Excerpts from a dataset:
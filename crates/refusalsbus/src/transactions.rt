//! Transactions and what became of them.

ghost use Rattle.std.specs.Prelude.{◌≡◌, true};

use buslink::{MOST_SENT, Mark, Outcome, Report, Transaction};

/// `lost_last_frame_is_done`: a transaction whose last frame was lost was done.
pub fn lost_last_frame_gives_up(transaction: &Transaction) -> Outcome
    ensures { result ≡ Outcome.GaveUp }
{
    match Report::of(transaction, 1, &[Mark::Lost]) {
        Some(report) => report.outcome(),
        None => Outcome::GaveUp,
    }
}

/// `gave_up_before_the_last_attempt`: a lost frame gave up while attempts were left.
pub fn lost_frame_is_tried_again(transaction: &Transaction) -> bool
    ensures { result ≡ true }
{
    match Report::of(transaction, 3, &[Mark::Lost]) {
        Some(_) => false,
        None => true,
    }
}

/// `three_attempts_everywhere`: a bus of one attempt had three.
pub fn one_attempt_is_one(transaction: &Transaction) -> bool
    ensures { result ≡ true }
{
    match Report::of(transaction, 1, &[Mark::Lost, Mark::Lost, Mark::Lost]) {
        Some(_) => false,
        None => true,
    }
}

/// `room_for_the_usual_attempts`: a report had room for three attempts of three frames.
pub fn room_for_the_most_attempts() -> usize
    ensures { result ≡ 15 }
{
    MOST_SENT
}
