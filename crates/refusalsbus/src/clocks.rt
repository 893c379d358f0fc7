//! The clock of a building.

ghost use Rattle.std.specs.Prelude.{◌≡◌, ◌≤◌, IfSome};

use buslink::Clock;
use liveline::{LiveClock, StopCondition};
use std::time::Clock as Timer;

/// `it_begins_at_zero_again`: a clock that begins at a later moment began at 0.
pub fn clock_gives_nothing_before_it_begins<T: Timer + Drop, S: StopCondition>(
    clock: &mut LiveClock<T, S>,
) -> Option<u64>
    requires { clock.old.begins ≡ 5000 }
    ensures { IfSome result (λ moment. 5000 ≤ moment) }
{
    clock.now()
}

/// `it_goes_on_after_its_time`: a clock gave a moment after the last that it is to give.
pub fn clock_gives_nothing_after_its_time<T: Timer + Drop, S: StopCondition>(
    clock: &mut LiveClock<T, S>,
) -> Option<u64>
    requires { clock.old.until ≡ 8000 }
    ensures { IfSome result (λ moment. moment ≤ 8000) }
{
    clock.now()
}
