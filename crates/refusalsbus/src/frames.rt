//! Frames, commands and queues.

ghost use Rattle.std.specs.Prelude.{◌≡◌, ◌≢◌, [], true, false, IsSomeAnd};

use busqueue::{Class, Queues};
use dalievent::EventSource;
use daliframe::{Address, EventScheme, Frame16, Frame24, OpcodeClass};
use gearcmd::{GearAskCommand, Request, gear_ask_opcode};

/// `group_address_sent_as_short`: the level of group 0 went to short address 0.
pub fn level_of_group_0_is_80fe(address: Address) -> u16
    requires { address ≡ Address.Group 0 }
    ensures { result ≡ 0x80FE }
{
    Frame16::level(address, 254).number()
}

/// `opcode_09_sent_once`: an opcode that the profile lacks was one that is sent once.
pub fn opcode_09_is_none() -> bool
    ensures { result ≡ true }
{
    OpcodeClass::of(0x09).is_none()
}

/// `event_bit_taken_from_bit_15`: bit 15 in place of bit 16 told commands from events.
pub fn bit_16_makes_a_command() -> bool
    ensures { result ≡ true }
{
    match Frame24::new(0x01_0000) {
        Some(frame) => frame.is_command(),
        None => true,
    }
}

/// `last_information_unheard`: the message with the greatest information was none of its source.
pub fn last_information_is_heard() -> bool
    ensures { result ≡ true }
{
    let source = EventSource {
        scheme: EventScheme::Device,
        a: 0,
        b: 0,
    };
    match Frame24::new(1023) {
        Some(frame) => source.information(frame).is_some(),
        None => true,
    }
}

/// `any_part_b_heard_as_0`: a message was heard whatever its second part.
pub fn another_part_b_is_not_heard() -> bool
    ensures { result ≡ false }
{
    let source = EventSource {
        scheme: EventScheme::Device,
        a: 0,
        b: 1,
    };
    match Frame24::new(5) {
        Some(frame) => source.information(frame).is_some(),
        None => false,
    }
}

/// `query_table_shifted_by_one`: the query of place 22 had the opcode behind its own.
pub fn query_22_has_opcode_a6() -> u8
    ensures { result ≡ 0xA6 }
{
    match GearAskCommand::new(22) {
        Some(command) => gear_ask_opcode(command),
        None => 0xA6,
    }
}

/// `greatest_class_first`: a query went before a user action.
pub fn user_actions_go_first(queues: &mut Queues) -> Option<(Class, Request)>
    requires { queues.old.user_action.waiting ≢ [] }
    ensures { IsSomeAnd result (λ next. next.0 ≡ Class.UserAction) }
{
    queues.next()
}
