//! Buses behind a line that is opened anew.

ghost use Rattle.std.specs.Prelude.{◌≡◌, ◌≢◌, ◌+◌, ◌<◌, IfOk, IfSome, None, OnOk, Some, false, true};

use buslink::{Bus, Fault, Reply};
use daliframe::{BusNumber, Frame, Frame24};
use liveline::{LineStarter, MendedLine, Teller};
use std::alloc::{AllocError, Global};
use std::io::Write;
use std::sync::Wait;
use std::time::Clock;

/// `frames_count_from_the_start`: a frame was counted though the building's end was not asked for.
pub fn frame_before_the_end_is_not_counted<
    R: Wait + Clock + Drop,
    W: Write + Drop,
    T: Teller,
    O: Drop,
>(line: &mut MendedLine<R, W, T, O>) -> Result<Option<Frame24>, Fault>
    requires spare { 0 < line.old.log.spare }
    requires asked { ¬ T.answers line.old.set.teller true }
    ensures { line.new.heard_last ≡ line.old.heard_last }
{
    line.hear()
}

/// `no_frame_counts`: a frame that was heard after the building's end was asked for was not
/// counted.
pub fn frame_after_the_end_is_counted<R: Wait + Clock + Drop, W: Write + Drop, T: Teller, O: Drop>(
    line: &mut MendedLine<R, W, T, O>,
) -> Result<Option<Frame24>, Fault>
    requires spare { 0 < line.old.log.spare }
    requires asked { ¬ T.answers line.old.set.teller false }
    ensures { IfOk result (λ heard. IfSome heard
        (λ frame. line.new.heard_last ≡ line.old.heard_last + 1)) }
{
    line.hear()
}

/// `the_patience_is_doubled`: an interface that was to have 300 milliseconds for an answer had 600.
pub fn patience_is_the_given_one<
    R: Wait + Clock + Clone + Drop,
    W: Write + Drop,
    T: Teller,
    O: Drop,
>(
    alloc: Global,
    rt: R,
    opener: O,
    teller: T,
    number: BusNumber,
    starter: &LineStarter<R, W, O>,
) -> Result<MendedLine<R, W, T, O>, AllocError>
    ensures { IfOk result (λ line. line.set.patience ≡ 300) }
{
    MendedLine::start(alloc, rt, opener, teller, number, 300, starter)
}

/// `each_frame_has_the_whole_time`: the time of a transaction began anew with a later frame.
pub fn time_goes_on_with_a_later_frame<R: Wait + Clock + Drop, W: Write + Drop, T: Teller, O: Drop>(
    line: &mut MendedLine<R, W, T, O>,
    frame: Frame,
) -> Result<Reply, Fault>
    requires spare { 0 < line.old.log.spare }
    requires begun { line.old.began ≡ Some 7 }
    ensures { line.new.began ≡ Some 7 }
{
    line.send(frame, 1)
}

/// `the_time_never_begins`: a frame was asked for and answered, and no time had begun.
pub fn time_begins_with_the_first_frame<
    R: Wait + Clock + Drop,
    W: Write + Drop,
    T: Teller,
    O: Drop,
>(line: &mut MendedLine<R, W, T, O>, frame: Frame) -> Result<Reply, Fault>
    requires { 0 < line.old.log.spare }
    ensures { OnOk result (line.new.began ≢ None) }
{
    line.send(frame, 1)
}

/// `a_transaction_has_the_time_of_the_one_before`: the time went on over two transactions.
pub fn transaction_has_its_own_time<R: Wait + Clock + Drop, W: Write + Drop, T: Teller, O: Drop>(
    line: &mut MendedLine<R, W, T, O>,
) -> Result<(), AllocError>
    ensures { line.new.began ≡ None }
{
    line.room(1)
}
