//! Lists that contracts alone see.

ghost use Rattle.std.specs.Prelude.{◌≡◌, [], ◌∷◌};

use ghosts::Trace;

/// `push_leaves_the_list`: what was pushed was not in the list.
pub fn pushed_items_are_listed(first: u8, second: u8) -> Trace<u8>
    ensures { result.items ≡ second ∷ first ∷ [] }
{
    let mut trace = Trace::new();
    trace.push(&first);
    trace.push(&second);
    trace
}
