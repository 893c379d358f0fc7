//! Lines, words and numbers.

ghost use Rattle.std.specs.Prelude.{◌≡◌, false, true, Some};

use wordlines::{first_line, is_skipped, number_of};

/// `two_returns_stripped`: of two CR before the LF both were taken off.
pub fn one_return_ends_a_line() -> usize
    ensures { result ≡ 2 }
{
    let (line, _) = first_line(b"x\r\r\n");
    line.len()
}

/// `indented_comment_skipped`: a line that begins with a space and `#` was a comment.
pub fn indented_comment_is_read() -> bool
    ensures { result ≡ false }
{
    is_skipped(b" #")
}

/// `number_at_its_limit_refused`: a number that is at its limit was refused.
pub fn number_at_its_limit_is_read() -> Option<u64>
    ensures { result ≡ Some 63 }
{
    number_of(b"63", 63)
}
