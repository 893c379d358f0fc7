//! Buses and clocks of any kind, and buses behind a line.

ghost use Rattle.std.specs.Prelude.{◌≡◌, ◌<◌, ◌≤◌, ◌++◌, [], ◌∷◌, All, IfOk, IfSome, None, OnOk, Some};
ghost use Rattle.std.specs.Prelude.{codes, false, length, true};
ghost use Rattle.std.specs.Io.KnownBytes.{Appends};
ghost use Rattle.buslink.specs.BusLog.{mark_of_send};
ghost use Rattle.liveline.specs.Exchanges.{IsAtMost};
ghost use Rattle.liveline.specs.Lines.{greeting, line_end, numbered_greeting};
ghost use Rattle.liveline.specs.Lines.{send_line};

use buslink::{Bus, Clock, Fault, Reply};
use daliframe::{Frame, Frame24};
use liveline::{Greeted, LineBus, Ungreeted};
use std::alloc::AllocError;
use std::io::{Read, Write};

/// `failed_send_appends_nothing`: a frame at which the interface failed did not count as sent.
pub fn sent_frame_is_in_the_log<B: Bus>(
    bus: &mut B,
    frame: Frame,
    priority: u8,
) -> Result<Reply, Fault>
    requires { 0 < (B.log bus.old).spare }
    ensures { (B.log bus.new).sent ≡ (B.log bus.old).sent
        ++ record { frame = frame; priority = priority; mark = mark_of_send result } ∷ [] }
{
    bus.send(frame, priority)
}

/// `heard_frame_is_not_listed`, `an_event_is_not_noted`: a frame was heard and not listed.
pub fn heard_frame_is_in_the_log<B: Bus>(bus: &mut B) -> Result<Option<Frame24>, Fault>
    requires { 0 < (B.log bus.old).spare }
    ensures { IfOk result (λ heard. IfSome heard
        (λ frame. (B.log bus.new).heard ≡ (B.log bus.old).heard ++ frame ∷ [])) }
{
    bus.hear()
}

/// `room_is_given_up`: a bus asked for less room than it has gave some up.
pub fn room_is_kept<B: Bus>(bus: &mut B, frames: usize) -> Result<(), AllocError>
    ensures { (B.log bus.old).spare ≤ (B.log bus.new).spare }
{
    bus.room(frames)
}

/// `a_bus_is_mended_before_its_line_greets`: a bus answered that it is mended, and was not.
pub fn answer_to_a_mend_is_kept<B: Bus>(bus: &mut B) -> bool
    ensures { (B.log bus.new).is_mended ≡ result }
{
    bus.mend()
}

/// `a_moment_is_given_and_not_noted`: a clock gave a moment that was not in its log.
pub fn moment_is_in_the_log<C: Clock>(clock: &mut C) -> Option<u64>
    ensures { IfSome result
        (λ moment. (C.log clock.new).given ≡ (C.log clock.old).given ++ moment ∷ []) }
{
    clock.now()
}

/// `its_end_is_not_kept`: a clock gave no moment, and its log did not say so.
pub fn end_of_a_clock_is_kept<C: Clock>(clock: &mut C) -> Option<u64>
    ensures { result ≡ None → (C.log clock.new).gave_none ≡ true }
{
    clock.now()
}

/// `clock_goes_back`, `it_goes_back_with_its_timer`: a clock gave a moment before one that it had
/// given.
pub fn clock_does_not_go_back<C: Clock>(clock: &mut C) -> Option<u64>
    ensures { IfSome result (λ moment. All (λ earlier. earlier ≤ moment) (C.log clock.old).given) }
{
    clock.now()
}

/// `a_line_that_begins_is_mended`: a bus could be taken up that had not been down.
pub fn line_that_begins_is_not_mended<R: Read + Drop, W: Write + Drop>(
    bus: &mut LineBus<R, W>,
    greeted: Greeted<R, W>,
) -> bool
    requires { bus.old.log.is_mended ≡ false }
    ensures { result ≡ false }
{
    bus.begin(greeted);
    bus.mend()
}

/// `a_line_that_is_gone_is_in_step`: a bus without a line was in step.
pub fn line_that_is_gone_is_not_in_step<R: Read + Drop, W: Write + Drop>(
    bus: &mut LineBus<R, W>,
) -> bool
    ensures { result ≡ false }
{
    let _ends = bus.let_go();
    bus.is_in_step()
}

/// `all_frames_have_priority_1`, `the_line_is_not_whole`: a frame was answered whose request had
/// another priority, or was cut.
pub fn request_has_its_priority<R: Read + Drop, W: Write + Drop>(
    bus: &mut LineBus<R, W>,
    frame: Frame,
) -> Result<Reply, Fault>
    requires { 0 < bus.old.log.spare }
    ensures { IfOk result (λ reply.
        Appends bus.old.written bus.new.written (send_line frame 3 ++ line_end)) }
{
    bus.send(frame, 3)
}

/// `a_lost_frame_counts_as_quiet`: a frame that was lost was one that nothing answered.
pub fn lost_frame_is_lost<R: Read + Drop, W: Write + Drop>(
    bus: &mut LineBus<R, W>,
    frame: Frame,
) -> Result<Reply, Fault>
    requires spare { 0 < bus.old.log.spare }
    requires text { bus.old.unread ≡ Some (codes "lost\n") }
    ensures { IfOk result (λ reply. reply ≡ Reply.Lost) }
{
    bus.send(frame, 3)
}

/// `it_asks_again_after_nonsense`, `a_frame_goes_out_twice`: the request was said twice.
pub fn request_is_said_once<R: Read + Drop, W: Write + Drop>(
    bus: &mut LineBus<R, W>,
    frame: Frame,
) -> Result<Reply, Fault>
    requires { 0 < bus.old.log.spare }
    ensures { IsAtMost (send_line frame 3 ++ line_end) bus.old.written bus.new.written }
{
    bus.send(frame, 3)
}

/// `it_speaks_on_after_nonsense`: a bus was in step after a request that was not answered as it
/// should be.
pub fn bus_is_in_step_where_it_was_answered<R: Read + Drop, W: Write + Drop>(
    bus: &mut LineBus<R, W>,
    frame: Frame,
) -> bool
    requires { 0 < bus.old.log.spare }
    ensures { result ≡ true }
{
    let reply = bus.send(frame, 3);
    reply.is_ok() == bus.is_in_step()
}

/// `nonsense_is_no_event`: a line that is no answer said that nothing had come.
pub fn nonsense_is_no_answer<R: Read + Drop, W: Write + Drop>(
    bus: &mut LineBus<R, W>,
    text: &[u8],
) -> bool
    requires spare { 0 < bus.old.log.spare }
    requires text { bus.old.unread ≡ Some text.now }
    requires short { length text.now < 5 }
    requires kept { bus.old.kept ≡ [] }
    ensures { result ≡ false }
{
    bus.hear().is_ok()
}

/// `any_line_is_the_answer`, `the_first_line_that_is_no_answer_counts`, `an_echo_is_the_answer`,
/// `any_line_is_the_greeting_of_version_1`: a line that is no greeting was one: `x`, the greeting
/// itself, or a refusal and `x`.
pub fn short_text_is_no_greeting<R: Read + Drop, W: Write + Drop>(
    from: R,
    to: W,
    text: &[u8],
) -> bool
    requires text { R.remaining from ≡ Some text.now }
    requires short { length text.now < 16 }
    ensures { result ≡ false }
{
    Greeted::greet(from, to, 7).is_ok()
}

/// `version_1_is_not_asked_for`: an interface that knows no numbered greeting was not greeted in
/// version 1. A text of 22 bytes can say `fault` twice and then that greeting, and has no room for
/// one `fault` and the answer of version 2.
pub fn refused_greeting_is_said_plainly<R: Read + Drop, W: Write + Drop>(
    from: R,
    to: W,
    text: &[u8],
) -> Result<Greeted<R, W>, Ungreeted<R, W>>
    requires text { R.remaining from ≡ Some text.now }
    requires short { length text.now < 23 }
    ensures { IfOk result (λ greeted. greeted.announces ≡ false
        → Appends (W.contents to) greeted.written ((numbered_greeting 3 7 ++ line_end)
        ++ ((numbered_greeting 2 7 ++ line_end) ++ (greeting ++ line_end)))) }
{
    Greeted::greet(from, to, 7)
}

/// `a_late_answer_is_the_greeting`: the answer to the greeting before was the answer to this one.
pub fn late_answer_is_no_greeting<R: Read + Drop, W: Write + Drop>(from: R, to: W) -> bool
    requires { R.remaining from ≡ Some (codes "gushewa 3 hears 9\n") }
    ensures { result ≡ false }
{
    Greeted::greet(from, to, 10).is_ok()
}

/// `version_3_is_not_asked_for`, `every_interface_announces`: an interface that was greeted in
/// version 3 did not announce. A text of 21 bytes can answer that greeting, and has no room for a
/// refusal and another one.
pub fn short_greeting_is_of_version_3<R: Read + Drop, W: Write + Drop>(
    from: R,
    to: W,
    text: &[u8],
) -> Result<Greeted<R, W>, Ungreeted<R, W>>
    requires text { R.remaining from ≡ Some text.now }
    requires short { length text.now < 22 }
    ensures { IfOk result (λ greeted. greeted.announces ≡ true) }
{
    Greeted::greet(from, to, 7)
}

/// `what_was_kept_is_passed_over`, `the_last_that_was_kept_is_heard`: a frame that had come before an
/// answer was not the next that was heard.
pub fn kept_frame_is_heard_first<R: Read + Drop, W: Write + Drop>(
    bus: &mut LineBus<R, W>,
) -> Result<Option<Frame24>, Fault>
    requires spare { 0 < bus.old.log.spare }
    requires kept { bus.old.kept ≡ 7 ∷ 9 ∷ [] }
    ensures { IfOk result (λ heard. heard ≡ Some 7) }
{
    bus.hear()
}

/// `a_frame_stays_kept`: a frame that was heard could be heard again.
pub fn kept_frame_is_heard_once<R: Read + Drop, W: Write + Drop>(
    bus: &mut LineBus<R, W>,
) -> Result<Option<Frame24>, Fault>
    requires spare { 0 < bus.old.log.spare }
    requires kept { bus.old.kept ≡ 7 ∷ 9 ∷ [] }
    ensures { OnOk result (bus.new.kept ≡ 9 ∷ []) }
{
    bus.hear()
}

/// `any_interface_may_speak_unasked`: an interface that does not announce said an event before its
/// answer, and that was kept.
pub fn nothing_is_kept_where_nothing_is_announced<R: Read + Drop, W: Write + Drop>(
    bus: &mut LineBus<R, W>,
    frame: Frame,
) -> Result<Reply, Fault>
    requires spare { 0 < bus.old.log.spare }
    requires silent { bus.old.announces ≡ false }
    ensures { OnOk result (bus.new.kept ≡ bus.old.kept) }
{
    bus.send(frame, 3)
}
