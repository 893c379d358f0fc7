//! Transactions on buses of any kind, and buses that are taken up again.

ghost use Rattle.std.specs.Prelude.{◌≡◌, ◌+◌, ◌<◌, ◌≤◌, false, length, true};
ghost use Rattle.buslink.specs.BusLog.{one_more};
ghost use Rattle.buslink.specs.Attempts.{most_sent};

use buslink::{Bus, Outcome, Reply, Report, Transaction, perform};

/// `gave_up_before_the_last_attempt`: on a bus of two attempts a transaction gave up after one.
pub fn last_attempt_is_made<B: Bus>(bus: &mut B, transaction: &Transaction) -> Report
    requires { most_sent ≤ (B.log bus.old).spare }
    ensures { result.outcome ≡ Outcome.GaveUp → 1 < length result.attempts }
{
    perform(bus, transaction, 2)
}

/// `an_attempt_fewer`: on a bus of three attempts a report was made for two.
pub fn report_is_for_all_attempts<B: Bus>(bus: &mut B, transaction: &Transaction) -> u8
    requires { most_sent ≤ (B.log bus.old).spare }
    ensures { result ≡ 3 }
{
    perform(bus, transaction, 3).tries()
}

/// `one_frame_alone_is_sent_again`: a transaction of three frames was done with two frames on the
/// bus, the first one that was lost and the same one again.
pub fn whole_transaction_is_sent_again<B: Bus>(
    bus: &mut B,
    transaction: &Transaction,
    reply: Reply,
) -> Report
    requires room { most_sent ≤ (B.log bus.old).spare }
    requires frames { length transaction.now.frames ≡ 3 }
    ensures { result.outcome ≡ Outcome.Done reply
        → length (B.log bus.old).sent + 3 ≤ length (B.log bus.new).sent }
{
    perform(bus, transaction, 2)
}

/// `a_box_is_not_taken_up`: a bus, as one in a box is, was taken up, and stayed as it was.
pub fn taken_up_bus_is_asked_anew<B: Bus>(bus: &mut B)
    requires { (B.log bus.old).is_mended ≡ true }
    ensures asked { (B.log bus.new).is_mended ≡ false }
    ensures counted { (B.log bus.new).mends ≡ one_more (B.log bus.old).mends }
{
    bus.resume();
}
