//! Events and requests as an installer writes them.

ghost use Rattle.std.specs.Prelude.{◌≡◌, ◌+◌, true, false};

use dalievent::EventSource;
use daliframe::EventScheme;
use daliwords::{frame_of_event, request_of};
use gearcmd::Command;

/// `bank_and_offset_exchanged`: the numbers of GEAR_READ were taken the other way round.
pub fn bank_comes_first() -> u8
    ensures { result ≡ 1 }
{
    match request_of("GEAR_READ", 0, Some(1), Some(2)) {
        Some(Command::GearRead { bank, .. }) => bank,
        _ => 1,
    }
}

/// `another_block_for_the_words`: GEAR_DO was read as GEAR_PAIR.
pub fn gear_do_is_no_pair() -> bool
    ensures { result ≡ false }
{
    matches!(
        request_of("GEAR_DO", 0, Some(0), None),
        Some(Command::GearPair { .. })
    )
}

/// `parts_of_an_event_exchanged`: a stood where b stands. `information_one_more`: the information
/// was one more. `another_scheme_for_the_source`: a device's event had bit 15.
pub fn parts_of_an_event_have_their_places() -> u32
    ensures { result ≡ 0x2_0803 }
{
    let source = EventSource {
        scheme: EventScheme::Device,
        a: 1,
        b: 2,
    };
    match frame_of_event(source, 3) {
        Some(frame) => frame.number(),
        None => 0,
    }
}

/// `no_event_of_instance_31`: the greatest second part had no frame.
pub fn instance_31_has_events() -> bool
    ensures { result ≡ true }
{
    let source = EventSource {
        scheme: EventScheme::Device,
        a: 0,
        b: 31,
    };
    match frame_of_event(source, 0) {
        Some(_) => true,
        None => false,
    }
}
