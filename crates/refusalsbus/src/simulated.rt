//! Simulated buses.

ghost use Rattle.std.specs.Prelude.{◌≡◌, [], ◌∷◌, IfSome, Some, false, true};
ghost use Rattle.refusalsbus.specs.Sendings.{disabling};
ghost use Rattle.buslink.specs.declared.marks.Mark.TheVariants as marks;

use daliframe::{InstanceNumber, ShortAddress};
use simbus::{Gear, GearVariables, InputInstance, InstanceVariables, SimBus};

/// `disabled_instance_stays_enabled`: an instance that DISABLE INSTANCE reached twice was enabled.
pub fn disabled_instance_is_not_enabled(
    bus: &SimBus,
    instance: InputInstance,
    address: ShortAddress,
    number: InstanceNumber,
) -> Option<InstanceVariables>
    requires instances { bus.now.setup.instances ≡ instance ∷ [] }
    requires address { (instance.address ≡ 0) × (address ≡ 0) }
    requires number { (instance.number ≡ 0) × (number ≡ 0) }
    requires sent { bus.now.log.sent ≡ disabling marks.Quiet ∷ disabling marks.Quiet ∷ [] }
    ensures { result ≡ Some (record { scheme = instance.scheme; is_enabled = false }) }
{
    bus.instance(address, number)
}

/// `lost_frame_begins_a_pair`: of two frames that act as a pair the first was lost, and they acted.
pub fn lost_frame_begins_no_pair(
    bus: &SimBus,
    instance: InputInstance,
    address: ShortAddress,
    number: InstanceNumber,
) -> Option<InstanceVariables>
    requires instances { bus.now.setup.instances ≡ instance ∷ [] }
    requires address { (instance.address ≡ 0) × (address ≡ 0) }
    requires number { (instance.number ≡ 0) × (number ≡ 0) }
    requires sent { bus.now.log.sent ≡ disabling marks.Lost ∷ disabling marks.Quiet ∷ [] }
    ensures { result ≡ Some (record { scheme = instance.scheme; is_enabled = true }) }
{
    bus.instance(address, number)
}

/// `gear_begins_at_the_level_of_another`: each gear began at the level of the first one of its bus.
pub fn gear_begins_at_its_own_level(
    bus: &SimBus,
    first: Gear,
    second: Gear,
    address: ShortAddress,
) -> Option<GearVariables>
    requires gears { bus.now.setup.gears ≡ first ∷ second ∷ [] }
    requires first { first.address ≡ 0 }
    requires second { (second.address ≡ 1) × (address ≡ 1) }
    requires levels { second.start.level ≡ 100 }
    requires sent { bus.now.log.sent ≡ [] }
    ensures { IfSome result (λ variables. variables.level ≡ 100) }
{
    bus.gear(address)
}

/// `gear_that_begins_off_was_never_on`: GO TO LAST ACTIVE LEVEL left gear off that had begun off.
pub fn gear_that_begins_off_was_at_its_greatest_level(
    bus: &SimBus,
    gear: Gear,
    address: ShortAddress,
) -> Option<GearVariables>
    requires gears { bus.now.setup.gears ≡ gear ∷ [] }
    requires address { (gear.address ≡ 0) × (address ≡ 0) }
    requires off { gear.start.level ≡ 0 }
    requires sent { bus.now.log.sent ≡ [] }
    ensures { IfSome result (λ variables. variables.last_active ≡ 254) }
{
    bus.gear(address)
}
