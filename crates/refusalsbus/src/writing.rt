//! Writers that a thread of its own writes to.

ghost use Rattle.std.specs.Prelude.{◌≡◌, ◌<◌, IfErr, IfOk, OnOk, false, length, min, true};
ghost use Rattle.std.specs.IoError.{error_kind};
ghost use Rattle.std.specs.declared.io.ErrorKind.TheVariants.{TimedOut};

use liveline::TimedWriter;
use std::io;
use std::io::Write;
use std::sync::Wait;
use std::time::Clock;

/// `a_flush_waits_for_nothing`: it succeeded though the thread had not given the writer back.
pub fn writer_is_back_after_a_flush<R: Wait + Clock + Drop, W: Drop>(
    writer: &mut TimedWriter<R, W>,
) -> io::Result<()>
    ensures { OnOk result (writer.new ≡ false) }
{
    writer.flush()
}

/// `a_late_writer_is_told_as_gone`: a flush that was not over in time failed as one whose other end
/// is gone.
pub fn late_flush_is_timed_out<R: Wait + Clock + Drop, W: Drop>(
    writer: &mut TimedWriter<R, W>,
) -> io::Result<()>
    ensures { IfErr result (λ error. writer.new ≡ true → error_kind error ≡ TimedOut) }
{
    writer.flush()
}

/// `nothing_is_handed_on`: a write took its bytes, and the thread did not get the writer.
pub fn write_lends_the_writer<R: Wait + Clock + Drop, W: Drop>(
    writer: &mut TimedWriter<R, W>,
    bytes: &[u8],
) -> io::Result<usize>
    requires { 0 < length bytes.now }
    ensures lent { OnOk result (writer.new ≡ true) }
    ensures count { IfOk result (λ count. count ≡ min 32 (length bytes.now)) }
{
    writer.write(bytes)
}

/// `no_writer_is_stuck`: a writer that the thread still had was said to be free.
pub fn lent_writer_is_stuck<R: Wait + Clock + Drop, W: Drop>(writer: &mut TimedWriter<R, W>) -> bool
    ensures { result ≡ writer.new }
{
    writer.is_stuck()
}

ABOUT THIS TASK:
State the number of lines in the data above that include the word "record", leaving out any other words.

FINISHED EXERCISE:
3